The representation of ice cloud optical properties in climate models has long been a difficult problem. Very different ice cloud optical property parameterization schemes developed based on different assumptions of ice particle shape habits, particle size distributions, and surface roughness conditions are used in various models. However, how simulated climate variables are affected by the ice cloud optical property parameterization is unclear, especially for the global cloud radiative effect and the surface temperature.
The Innovation Team for Ocean-Land-Atmosphere Interaction and Global Effect of the Southern Marine Science and Engineering Guangdong Laboratory (Zhuhai) first fills the gap to identify the diverse impacts of ice cloud optical property parameterization on global cloud radiative effects and surface temperature simulations. A total of five ice cloud optical property parameterization schemes including three based on the ice habit mixtures suitable for general ice clouds (GHM), mid-latitude synoptic ice clouds (MLC), and tropical deep convective ice clouds (TDC), and two based on single ice habits namely smooth hexagonal column (SCN) and severely roughened column aggregate (ASC), were developed under a same framework and implemented in the National Center for Atmospheric Research Community Atmospheric Model version 5. A series of atmosphere-only climate simulations were carried out for each of the five cases with different ice parameterizations. The differences in the simulated top of the atmosphere shortwave and longwave cloud radiative effects (CREs) were evaluated, and the global averaged net CRE differences among the various cases range from −1.93 to 1.03 Wm−2, which is comparable in magnitude to the radiative effect induced by doubling CO2 amount. The corresponding changes in simulated surface temperature were found to be most prominent on continental regions which amount to 1 to 2 degrees in Kelvin. The results emphasized the importance of choosing a reasonable ice cloud optical property parameterization in climate simulations, especially when the results from multiple different GCMs were intercompared.
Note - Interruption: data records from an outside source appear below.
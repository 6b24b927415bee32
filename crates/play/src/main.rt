// Plays the text on standard input and prints what each call is answered.
#![tactic(auto)]

use report::read_all;
use script::respond;

fn play(rt: &HostRuntime) -> anyhow::Result<()> {
    let heap = rt.alloc();
    let text = read_all(heap, rt.stdin())?;
    rt.print(respond(heap, text.as_slice())?)?;
    Ok(())
}

fn main(rt: HostRuntime) -> anyhow::Result<()> {
    let played = play(&rt);
    if let Err(fault) = &played {
        eprintln!(rt; "{fault}")?;
    }
    played
}
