/// A node with its place.
fn push_node(out: &mut String, expr: Option<&Expr>) -> Result<(), AllocError> {
    let Some(expr) = expr else {
        return Ok(());
    };
    let (word, parts) = expression_head(expr);
    write!(out, "{}: {word} {parts}; ", expr.at)
}

/// Expressions, each with its node, its first part and its last one, and their places. The text begins at byte 12.
const EXPRESSIONS: [(&str, &str); 29] = [
    ("a[1, 2].b['c']", "12: path 4; 14: number 0; 22: path 0; "),
    ("((a))", "14: path 0; "),
    ("- -1", "12: minus 1; 14: minus 1; 14: minus 1; "),
    ("~a & b", "15: and 1; 12: not 1; 17: path 0; "),
    ("a -> b -> c", "14: implies 2; 12: path 0; 22: path 0; "),
    (
        "a <-> b #! c -> d",
        "14: differ 2; 12: path 0; 25: implies 1; ",
    ),
    ("a # b & c", "14: or 1; 12: path 0; 18: and 1; "),
    ("(a # b) & c", "20: and 1; 15: or 1; 22: path 0; "),
    ("a & b < c # d", "22: or 1; 14: and 1; 24: path 0; "),
    (
        "a + b - c * d / e % f",
        "14: less 2; 12: path 0; 22: rest 3; ",
    ),
    ("a #! b <-> c", "14: same 2; 12: path 0; 23: path 0; "),
    ("a - b + c", "14: plus 2; 12: path 0; 20: path 0; "),
    ("a % b * c", "14: times 2; 12: path 0; 20: path 0; "),
    ("a * b / c", "14: over 2; 12: path 0; 20: path 0; "),
    (
        "a * b + c <= 1",
        "22: at most 2; 18: plus 1; 25: number 0; ",
    ),
    ("a = 1", "14: equal 2; 12: path 0; 16: number 0; "),
    ("a != 1", "14: unequal 2; 12: path 0; 17: number 0; "),
    ("a > 1 & a >= 1", "18: and 1; 14: above 2; 22: at least 2; "),
    ("if a then b else c", "12: if 1; 15: path 0; 29: path 0; "),
    (
        "if a then b elif c -> d then e else if f then g else h",
        "12: if 2; 15: path 0; 48: if 1; ",
    ),
    ("{1, {a}, b}", "12: group 3; 13: number 0; 21: path 0; "),
    (
        "ALL i:[0, 3] (a[i])",
        "12: all 1; 19: number 0; 26: path 1; ",
    ),
    (
        "SOME i:bool, j:t (i)",
        "12: some 1; 25: some 1; 25: some 1; ",
    ),
    ("SUM i:t (1) + 2", "24: plus 1; 12: sum 1; 26: number 0; "),
    ("pre(a)", "12: pre 1; 16: path 0; 16: path 0; "),
    ("pre(a, 0)", "12: pre 2; 16: path 0; 19: number 0; "),
    ("$min(1, 2, 3)", "12: least 3; 17: number 0; 23: number 0; "),
    ("$max(1, a)", "12: greatest 2; 17: number 0; 20: path 0; "),
    ("$abs(-1)", "12: size 1; 17: minus 1; 17: minus 1; "),
];

/// The node of the first constraint, its first part and its last one.
fn nodes_of(alloc: Global, text: &str) -> Result<String, Fail> {
    let whole = format!(in alloc; "Constraints:{text};")?;
    let model = read(alloc, whole.as_str())?;
    let mut out = String::new(alloc);
    if let [Section::Constraints(items)] = model.sections.as_slice()
        && let [expr] = items.as_slice()
    {
        push_node(&mut out, Some(expr))?;
        push_node(&mut out, first_part(expr))?;
        push_node(&mut out, last_part(expr))?;
    }
    Ok(out)
}

#[test]
fn reads_expressions(rt: HostRuntime) -> Result<(), Fail> {
    for (text, wanted) in &EXPRESSIONS {
        let found = nodes_of(rt.alloc(), text)?;
        assert_eq!(rt; found.as_str(), *wanted, "in {text:?}");
    }
    Ok(())
}

// ---- texts that are refused

#[tactic(auto, using(hll_grammar::proofs::TokensWithin::split_within))]
fn fault_of(alloc: Global, text: &str) -> Result<Option<SyntaxFault>, Fail> {
    let text = text.as_bytes();
    let tokens = tokens(alloc, text)?;
    Ok(parse(alloc, text, tokens.as_slice()).err())
}

/// Texts that are refused, each with the place of what may not stand there.
const REFUSED: [(&str, usize); 33] = [
    ("Inputs: bool a b;", 15),
    ("Proof Obligations: a < b < c;", 25),
    ("Constraints: ;", 13),
    ("Proof Constraints: a;", 6),
    ("Constants: int N := 0x;", 21),
    ("Constraints: a", 14),
    ("Constraints: a + // nothing", 27),
    ("bool a;", 0),
    ("Inputs", 6),
    ("Inputs bool a;", 7),
    ("Inputs: bool a,;", 15),
    ("Inputs: bool;", 12),
    ("Inputs: a;", 9),
    ("Inputs: bool a[];", 15),
    ("Constants: a := 1;", 11),
    ("Constants: bool a = 1;", 18),
    ("Types: int a;", 11),
    ("Types: int signed a b c;", 22),
    ("Types: enum {} a;", 13),
    ("Types: sort a;", 13),
    ("Types: struct {a} b;", 16),
    ("Definitions: a[i] b;", 18),
    ("Definitions: I a := 1;", 15),
    ("Definitions: I(a) := 1, 2;", 22),
    ("Definitions: a := 1, 2, 3;", 22),
    ("Constraints: if a then b;", 24),
    ("Constraints: if a elif b then c else d;", 18),
    ("Constraints: a + if b then c else d;", 17),
    ("Constraints: $min(a);", 19),
    ("Constraints: pre a;", 17),
    ("Constraints: ALL i (a);", 19),
    ("Constraints: a -> ~;", 19),
    ("Constraints: a.1;", 15),
];

#[test]
fn refuses_at_the_first_fault(rt: HostRuntime) -> Result<(), Fail> {
    for (text, at) in &REFUSED {
        let wanted = Some(SyntaxFault::Unexpected { at: *at });
        assert_eq!(rt; fault_of(rt.alloc(), text)?, wanted, "in {text:?}");
    }
    Ok(())
}

/// A text with each form of section.
const RICH: &str = "Constants: bool A := true; int N := 3; Types: enum {x, 'y z'} E; \
struct {f: bool, g: E[N, 2]} S; sort {s} L; sort L, M < P; int signed (N + 1) Q; S R[2]; \
Inputs: int [0, N] i, j[2]; bool b; Declarations: int unsigned N m; E e; \
Definitions: m := 0, m + 1; e[k, 2] := {x, {pre(e, x)}}; I(m) := 1; X(m[0]) := -1; \
Constraints: ALL k:[0, 3], l:bool (j[k, 1].f < N) & ~b; SOME k:E (k = x) #! b; \
Proof Obligations: if b then i elif $max(i, m, 2) > 1 then SUM k:E (1) else $abs(i) % 2;";

/// Whether a text may end behind these tokens: behind an item, or behind the words that begin a section.
fn may_end(tokens: &[Token]) -> bool {
    match tokens {
        [.., before, last] => match (before.kind, last.kind) {
            (_, TokenKind::Mark(Mark::Semicolon)) => true,
            (TokenKind::Reserved(word), TokenKind::Mark(Mark::Colon)) => {
                !matches!(word, Reserved::Bool)
            }
            _ => false,
        },
        _ => false,
    }
}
The results obtained were accepted for publication in Scientific Reports (IF: 4.38) in June 2022, entitled “Diverse cloud radiative effects and global surface temperature simulations induced by different ice cloud optical property parameterizations”. Team member Dr. Bingqi Yi, Associate Professor of the School of Atmospheric Sciences, Sun Yat-sen University, is the first and corresponding author of the article. This study was partially supported by the research grants from the National Natural Science Foundation of China, the Natural Science Foundation of Guangdong Province, the Pearl River Talents Program of Department of Science and Technology of Guangdong Province, and the funding to the innovation teams of the Southern Marine Science and Engineering Guangdong Laboratory (Zhuhai).
Figure 1. Simulated annual averaged surface temperature for the GHM case (a) and the corresponding differences between MLC, TDC, ASC, SCN, and GHM cases (b-e). Units: K. Stippled areas indicate the statistically significant differences at the 95% confidence level.